> **YOUR INSTRUCTIONS**
Write out again, exactly, the lines of the listing below from the first one through the one that contains "use std::alloc::Global;", and no other lines.

□ □ □ □

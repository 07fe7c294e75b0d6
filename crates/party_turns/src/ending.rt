ghost use Rattle.std.specs.Prelude.{◌≡◌, ◌+◌, ◌≤◌, ◌++◌, List, All, IfSome, map, not, vec_capacity, vec_len};
ghost use Rattle.apl_arrays.specs.Ascending.{AscendBy};
ghost use Rattle.session_rules.specs.Auxiliaries.{some_stay};
ghost use Rattle.party_turns.specs.Seats.{HasPrinted, end_by, none_lost, seat_numbers, transcript_of};
ghost use Rattle.party_turns.specs.Sittings.{Sitting, seats_in};

use crate::seat::UserSeat;
use apl_io::Shelf;
use apl_session::{Ended, SessionParts, Transcript, Transcripts};
use std::alloc::Global;
use sv_core::Core;
use sv_events::Journal;

/// The end of a run in which all users have left, where the transcripts are there and memory ran out for nobody. It
/// takes no memory.
pub fn end_of(transcripts: Option<Transcripts>, journal: Journal, is_whole: bool) -> Ended
    ensures { result ≡ end_by transcripts journal is_whole }
{
    let Some(transcripts) = transcripts else {
        return Ended::WantOfMemory;
    };
    if is_whole {
        Ended::Whole {
            transcripts,
            journal,
        }
    } else {
        Ended::WantOfMemory
    }
}

/// Whether memory ran out for none of these users.
pub fn none_is_lost<K>(seats: &[UserSeat<K>]) -> bool
    ensures { result ≡ none_lost seats.now }
{
    seats.iter().all(|seat| !seat.is_lost)
}

/// Whether all of these users have left.
pub fn all_have_left<K: Shelf>(core: &Core, seats: &[UserSeat<K>]) -> bool
    ensures { result ≡ not (some_stay (seat_numbers seats.now) core.now.journal) }
{
    seats.iter().all(|seat| core.has_left(seat.user()))
}

/// The users' transcripts, and their shelves back at the front of those that were left. The list of shelves has room for
/// them. It takes memory for the list of transcripts; none where that runs out.
pub fn take_apart<K: Shelf>(
    alloc: Global,
    seats: Vec<UserSeat<K>>,
    shelves: &mut Vec<K>,
) -> Option<Transcripts>
    requires ascending { AscendBy (λ seat. seat.session.user) seats.items }
    requires room { vec_len seats + vec_len shelves.old ≤ vec_capacity shelves.old }
    ensures transcripts { IfSome result (λ transcripts. (sittings : List (Sitting K)) → seats_in sittings ≡ seats.items → All (HasPrinted K.told K.faults) sittings → transcripts.items ≡ map transcript_of sittings) }
    ensures shelves { shelves.new.items ≡ map (λ seat. seat.session.shelf) seats.items ++ shelves.old.items }
{
    let left = shelves.len();
    let mut seats = seats;
    let mut transcripts = Transcripts::new(alloc);
    let mut is_whole = true;
    while !seats.is_empty() {
        let UserSeat {
            session,
            is_lost: _,
        } = seats.remove(0);
        let user = session.user();
        let SessionParts { transcript, shelf } = session.into_parts();
        shelves.push_reserved(shelf);
        let kept = transcripts.push(Transcript {
            user,
            lines: transcript,
        });
        is_whole = is_whole && kept.is_ok();
    }
    seats.destroy_empty();
    shelves.rotate_left(left);
    if is_whole { Some(transcripts) } else { None }
}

□ □ □ □

> **ANSWER BOX**
repository 07fe7c294e75b0d6
filename crates/party_turns/src/ending.rt
ghost use Rattle.std.specs.Prelude.{◌≡◌, ◌+◌, ◌≤◌, ◌++◌, List, All, IfSome, map, not, vec_capacity, vec_len};
ghost use Rattle.apl_arrays.specs.Ascending.{AscendBy};
ghost use Rattle.session_rules.specs.Auxiliaries.{some_stay};
ghost use Rattle.party_turns.specs.Seats.{HasPrinted, end_by, none_lost, seat_numbers, transcript_of};
ghost use Rattle.party_turns.specs.Sittings.{Sitting, seats_in};

use crate::seat::UserSeat;
use apl_io::Shelf;
use apl_session::{Ended, SessionParts, Transcript, Transcripts};
use std::alloc::Global;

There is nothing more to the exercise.